Choosing Colored Ball, probability of second choice not knowing first

Question

There are 50 balls in an urn, 30 are red and 20 are blue. If a single ball is taken and we don't look at its color, what is the probability that the second ball is red?

I know that there is a 60% chance of choosing a red ball from the first choice, and 40% of not. That means for the second ball there is either (29 choose 1)/(49 choose 1) 60% of the time or (30 choose 1)/(49 choose 1) 40% of the time. I then multiplied the probabilities (60% and 40%) by each of the options and got a 60% chance of the second ball being red. Is this the correct way to approach this problem?

Answer 1

Any of the $50$ balls is equally likely to be the second ball drawn. The probability that this second ball is red therefore is ${3\over5}$.

Answer 2

Yes, your solution is correct. However, the problem statement doesn't explicitly state that we don't replace the balls, but we will make that assumption.

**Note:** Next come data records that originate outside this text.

//! The frames of Modbus TCP: a request for registers, and the response to it.
//!
//! A frame is the header of the Modbus Messaging on TCP/IP Implementation Guide V1.0b (transaction, protocol 0, the length of what
//! follows, unit) and a request or a response of function 03 or 04 of the Modbus Application Protocol V1.1b3. Numbers of two bytes
//! are high byte first. docs/formats.md shows a request and its responses byte by byte. Nothing here takes memory.
#![tactic(auto)]

mod expect;
mod frame;
mod number_laws;
mod published;
mod request;
mod response;

pub use expect::{
    Expect, LEAST_QUANTITY, MOST_QUANTITY, READ_HOLDING_REGISTERS, READ_INPUT_REGISTERS,
};
pub use frame::{Frame, Registers};
pub use number_laws::defined_numbers;
pub use published::published_frames;
pub use request::write_request;
pub use response::read_response;
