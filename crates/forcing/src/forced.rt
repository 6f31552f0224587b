// Pairs that every choice has: a left term with one partner left, where there are no right labels to put it in, and a right term that one left
// term only may take, where there are no left labels. They are unified on top of the classes.
ghost use Rattle.std.specs.Prelude.{◌≡◌, ◌^◌, ◌≤◌, ◌<◌, length, IfSome, MatchOption};
ghost use Rattle.table.specs.Limits.{max_terms};
ghost use Rattle.branches.specs.Code.Known.{known_bytes, left_count, right_count, left_labels, right_labels, KnownOf};
ghost use Rattle.branches.specs.Code.Walk.{Based};
ghost use Rattle.forcing.specs.Code.Forced.{Contested, NoTaker, FirstTaker, Forces};

use branches::known::{LEFT_COUNT, LEFT_LABELS, RIGHT_COUNT, RIGHT_LABELS, ROWS};
use branches::{branch, known};

// The only right term of a set, if there is one only.
fn only(row: usize) -> Option<usize>
    ensures { IfSome result (λ j. row ≡ 2 ^ j) }
{
    match row {
        1 => Some(0),
        2 => Some(1),
        4 => Some(2),
        8 => Some(3),
        16 => Some(4),
        32 => Some(5),
        64 => Some(6),
        128 => Some(7),
        _ => None,
    }
}

// Unifies left term i with its partner, if it has one only; false where that cannot be.
pub fn force_left(
    nodes: &[u32],
    arguments: &[u32],
    known: &[u8],
    heads: &mut [u8],
    next: &mut [u8],
    i: usize,
) -> bool
    requires known_of { KnownOf nodes.now arguments.now known.now }
    requires based { Based nodes.now arguments.now known.now heads.old next.old }
    requires known_value { (right_labels known.now ≡ 0) × (i < left_count known.now) }
    ensures { Forces nodes.now arguments.now known.now result heads.new next.new }
{
    let Some(j) = only(known::at(known, ROWS + i)) else {
        return true;
    };
    if known::at(known, RIGHT_COUNT) <= j {
        return true;
    }
    branch::join_pair(nodes, arguments, known, heads, next, i, j + 1)
}

// Unifies the left terms that have one partner with it, where there are no right labels; false where one cannot be.
fn force_lefts(
    nodes: &[u32],
    arguments: &[u32],
    known: &[u8],
    heads: &mut [u8],
    next: &mut [u8],
) -> bool
    requires known_of { KnownOf nodes.now arguments.now known.now }
    requires based { Based nodes.now arguments.now known.now heads.old next.old }
    ensures { Forces nodes.now arguments.now known.now result heads.new next.new }
{
    if known[RIGHT_LABELS] != 0 {
        return true;
    }
    let n = known::at(known, LEFT_COUNT);
    for i in 0..n {
        if !force_left(nodes, arguments, known, heads, next, i) {
            return false;
        }
    }
    true
}

// The right terms that more than one left term may take.
fn contested(known: &[u8]) -> usize
    requires { (length known.now ≡ known_bytes) × (left_count known.now ≤ max_terms) }
    ensures { Contested known.now result }
{
    let n = known::at(known, LEFT_COUNT);
    let mut once = 0;
    let mut twice = 0;
    for i in 0..n {
        let row = known::at(known, ROWS + i);
        twice |= once & row;
        once |= row;
    }
    twice
}

// The first left term that may take right term j, if one may.
fn taker(known: &[u8], j: usize) -> Option<usize>
    requires { (length known.now ≡ known_bytes) × (left_count known.now ≤ max_terms) × (j < max_terms) }
    ensures { MatchOption result (NoTaker known.now j) (FirstTaker known.now j) }
{
    let n = known::at(known, LEFT_COUNT);
    known[ROWS..ROWS + n]
        .iter()
        .position(|row| (*row >> j) % 2 == 1)
}

// Unifies right term j, unless it is in the set `twice`, with the only left term that may take it; false where that cannot be.
fn force_right(
    nodes: &[u32],
    arguments: &[u32],
    known: &[u8],
    heads: &mut [u8],
    next: &mut [u8],
    twice: usize,
    j: usize,
) -> bool
    requires known_of { KnownOf nodes.now arguments.now known.now }
    requires based { Based nodes.now arguments.now known.now heads.old next.old }
    requires known_value { (left_labels known.now ≡ 0) × (j < right_count known.now) × Contested known.now twice }
    ensures { Forces nodes.now arguments.now known.now result heads.new next.new }
{
    if (twice >> j) % 2 == 1 {
        return true;
    }
    let Some(i) = taker(known, j) else {
        return false;
    };
    branch::join_pair(nodes, arguments, known, heads, next, i, j + 1)
}

// Unifies the right terms that one left term only may take with it, where there are no left labels; false where one cannot be.
fn force_rights(
    nodes: &[u32],
    arguments: &[u32],
    known: &[u8],
    heads: &mut [u8],
    next: &mut [u8],
) -> bool
    requires known_of { KnownOf nodes.now arguments.now known.now }
    requires based { Based nodes.now arguments.now known.now heads.old next.old }
    ensures { Forces nodes.now arguments.now known.now result heads.new next.new }
{
    if known[LEFT_LABELS] != 0 {
        return true;
    }
    let m = known::at(known, RIGHT_COUNT);
    let twice = contested(known);
    for j in 0..m {
        if !force_right(nodes, arguments, known, heads, next, twice, j) {
            return false;
        }
    }
    true
}

// Unifies the pairs that every choice has; false where one cannot be.
pub fn force(
    nodes: &[u32],
    arguments: &[u32],
    known: &[u8],
    heads: &mut [u8],
    next: &mut [u8],
) -> bool
    requires known_of { KnownOf nodes.now arguments.now known.now }
    requires based { Based nodes.now arguments.now known.now heads.old next.old }
    ensures { Forces nodes.now arguments.now known.now result heads.new next.new }
{
    if !force_lefts(nodes, arguments, known, heads, next) {
        return false;
    }
    force_rights(nodes, arguments, known, heads, next)
}
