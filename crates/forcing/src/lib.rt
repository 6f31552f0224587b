// Looking ahead, before the walk: pairs that every choice has, and what is left once they are unified.
#![tactic(auto)]

// The pairs that every choice has.
pub mod forced;

// All of it: `look_ahead`.
pub mod settled;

If the first ball is red with probability $\frac{30}{50}$ then the second ball is red with probability $\frac{29}{49}$

If the first ball is blue with probability $\frac{20}{50}$ then the second ball is red with probability $\frac{30}{49}$

All together, we get

$$\frac{30}{50}\cdot \frac{29}{49}+\frac{20}{50}\cdot \frac{30}{49}=0.6$$

which agrees with your solution.

Answer 3

Possible outcomes for drawing two balls (without replacement) are Blue(1st) and Red (2nd) or Red (1st) and Red (2nd)

$P(BR\ or\ RR)=P(BR)+P(RR)- P(BR \cap RR)= \frac{20}{50}\times\frac{30}{49}+\frac{30}{50}\times\frac{29}{49}-0 = \frac{1470}{2450}=0.6$

Answer 4

Note: $$P(R_1\cap R_2)+P(B_1\cap R_2)=P((R_1\cap R_2)\cup (B_1\cap R_2))=\\ =P((R_1\cup B_1)\cap R_2)=P(R_2).$$ Also note: $$P(R_1\cap R_2)+P(B_1\cap R_2)=P(R_1\cap R_2)+P(R_1\cap B_2)=\\ P((R_1\cap R_2)\cup (R_1\cap B_2))=P(R_1\cap(R_2\cup B_2))=P(R_1).$$

Answer 5

Yes, your solution is correct.

Here is another way of looking at the problem:

If we select the balls without replacement one by one, we create a sequence of $50$ balls, where the $k$th ball in the sequence is the $k$th ball selected. Of these $50$ balls, $30$ are red. Since the balls are randomly selected, a red ball is equally likely to be anywhere in the sequence. Hence, the probability that a red ball will be in the $k$th position of the sequence is $$\frac{30}{50} = \frac{3}{5}$$ which means the probability that the $k$th ball selected from the urn is also $3/5$. In particular, the probability that the second ball selected from the urn is red is $3/5$.